|Cato Policy Analysis No. 313||August 24, 1998|
by Ted Galen Carpenter
Ted Galen Carpenter is vice president for defense and foreign policy studies at the Cato Institute.
During his trip to China, President Clinton changed U.S. policy on Taiwan in a subtle but significant way. Washington's position since 1972 had been that the United States did not challenge the assertion of Chinese on both sides of the Taiwan Strait that there is one China and Taiwan is part of China. Clinton went much further, signaling U.S. hostility to the possibility of an independent Taiwan or even Taiwanese membership in international organizations.
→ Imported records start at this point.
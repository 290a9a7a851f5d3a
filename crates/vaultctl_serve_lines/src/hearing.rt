//! Lines as they come on a connection.
ghost use Rattle.std.specs.Prelude.{◌≡◌, ◌==◌, ◌+◌, ◌++◌, ℕ, List, IfOk, OnErr, length, take};
ghost use Rattle.std.specs.Duration.{as_nanos};
ghost use Rattle.std.specs.List.{position};
ghost use Rattle.vaultctl_serve_lines.specs.Hearing.{Cuts, Gave, line_allowed, news_of};
ghost use Rattle.vault_base.specs.Limits.{longest_line};

use std::alloc::{AllocError, Global};
use std::time::Duration;
use std::{io, mem};
use vault_base::limits::LONGEST_LINE;
use vaultctl_serve::deadline::{HEAD, REQUEST, time_left};
use vaultctl_serve::inbound::Inbound;
use vaultctl_serve_lines_answers::heard::Heard;

/// As many bytes of a line have to come in the time of a request's head; a longer one has that of a whole request.
const SHORT: usize = 16_384;

/// How many bytes of a line are kept: one more than a line may have, so that a longer one is seen to be too long.
const KEPT: usize = LONGEST_LINE + 1;

/// What a read of a connection of lines gave.
#[derive(Clone, Copy, Debug, PartialEq, Eq)]
pub enum News {
    /// Nothing, as the connection is at its end.
    End,
    /// Bytes without an LF.
    Part,
    /// Bytes with one.
    Line,
}

/// The time from its first byte in which the next byte of a line has to come, where `come` bytes of it have come.
pub fn allowed(come: usize) -> Duration
    ensures { as_nanos result ≡ line_allowed come }
{
    if come <= SHORT {
        Duration::from_millis(HEAD)
    } else {
        Duration::from_millis(REQUEST)
    }
}

/// The place of the first LF.
fn first_lf(bytes: &[u8]) -> Option<usize>
    ensures { result ≡ position (λ b. b == 10) bytes.now }
{
    bytes.iter().position(|byte| *byte == b'\n')
}

/// What these bytes are, which a read gave.
fn news_in(bytes: &[u8]) -> News
    ensures { result ≡ news_of bytes.now }
{
    if bytes.is_empty() {
        News::End
    } else if first_lf(bytes).is_some() {
        News::Line
    } else {
        News::Part
    }
}

/// Reads what has come of a line, or waits for it in the time that is left from its first byte, which came at `begun`.
///
/// The bytes are put to those that have come. What is late is an error, as is out of memory; then none is put there.
pub fn hear<I: Inbound>(inbound: &mut I, part: &mut Vec<u8>, begun: Duration) -> io::Result<News>
    // What is new of a line came in time.
    ensures heard { IfOk result (λ news. (given : List ℕ) × (part.new.items ≡ part.old.items ++ given) × (news ≡ news_of given)
        × Gave (I.coming inbound.old) (I.coming inbound.new) given (as_nanos begun + line_allowed (length part.old.items))) }
    ensures unheard { OnErr result (part.new.items ≡ part.old.items) }
{
    let used = inbound.passed()?.saturating_sub(begun);
    let left = time_left(allowed(part.len()), used)?;
    let mut buf = [0u8; SHORT];
    let count = inbound.read_within(&mut buf, left)?;
    part.extend_from_slice(&buf[..count])?;
    Ok(news_in(&buf[..count]))
}

/// Cuts a line that is longer than it may be: it is still too long.
pub fn cut(part: &mut Vec<u8>)
    ensures { part.new.items ≡ take (longest_line + 1) part.old.items }
{
    part.truncate(KEPT);
}

/// Takes the first line, if it has its LF; what comes after it stays.
///
/// Without an LF all stays. The error is out of memory.
pub fn take_line(alloc: Global, part: &mut Vec<u8>) -> Result<Option<Heard>, AllocError>
    ensures ok { IfOk result (λ found. Cuts part.old.items found part.new.items) }
    ensures err { OnErr result (part.new.items ≡ part.old.items) }
{
    let Some(place) = first_lf(part.as_slice()) else {
        return Ok(None);
    };
    let rest = Vec::from_slice(alloc, &part.as_slice()[place + 1..])?;
    let mut bytes = mem::replace(part, rest);
    bytes.truncate(place);
    Ok(Some(Heard {
        bytes,
        is_ended: true,
    }))
}
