//! What may change in the vault.
use crate::records::{Caller, History, Note, Removal, Setting};
use vault_base::name::{BucketName, CallerName, DeptName, VersionId};
use vault_lock::retention::Default;
use vault_rules::rule_set::RuleSet;

/// A new history, and the note of the intake line that it came by.
#[derive(Drop)]
pub struct Admission {
    pub history: History,
    pub note: Option<Note>,
}

/// A version, and the setting that it gets.
#[derive(Drop)]
pub struct NextSetting {
    pub id: VersionId,
    pub setting: Setting,
}

/// One change of the vault.
#[derive(Drop)]
pub enum Change {
    AddDept(DeptName),
    AddCaller(Caller),
    CloseCaller(CallerName),
    AddBucket(BucketName, DeptName),
    MoveBucket(BucketName, DeptName),
    SetDefault(BucketName, Option<Default>),
    SetRules(BucketName, Option<RuleSet>),
    Admit(Admission),
    AddSetting(VersionId, Setting),
    Remove(VersionId, Removal),
}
Clinton thus took a major step toward the position advocated by those Americans who want Washington to mollify Beijing by such measures as terminating U.S. arms sales to the island. Yet the president also implied that the United States would intervene militarily to defend Taiwan from attack. That "accommodationist" approach combines the worst, most dangerous features of appeasement and firmness.
Nearly as dangerous is the policy of all-out support for Taiwan that many American conservatives suggest. A U.S. security guarantee to Taiwan would lack credibility and, given the emotional determination of mainland Chinese to pursue reunification, could easily entangle the United States in a war with a nuclear-armed great power. That is all the more likely because enthusiasm for formal independence is growing in Taiwan, and the United States would be pressured to back that bid.
The only solution is for the United States to allow increased arms sales to Taiwan, thus enabling the Taiwanese to build a self-sufficient defense and an effective deterrent to coercion by Beijing. At the same time, U.S. officials must make it clear that Taiwan is not a vital American interest and that under no circumstances will the United States intervene in a war between the island and the mainland.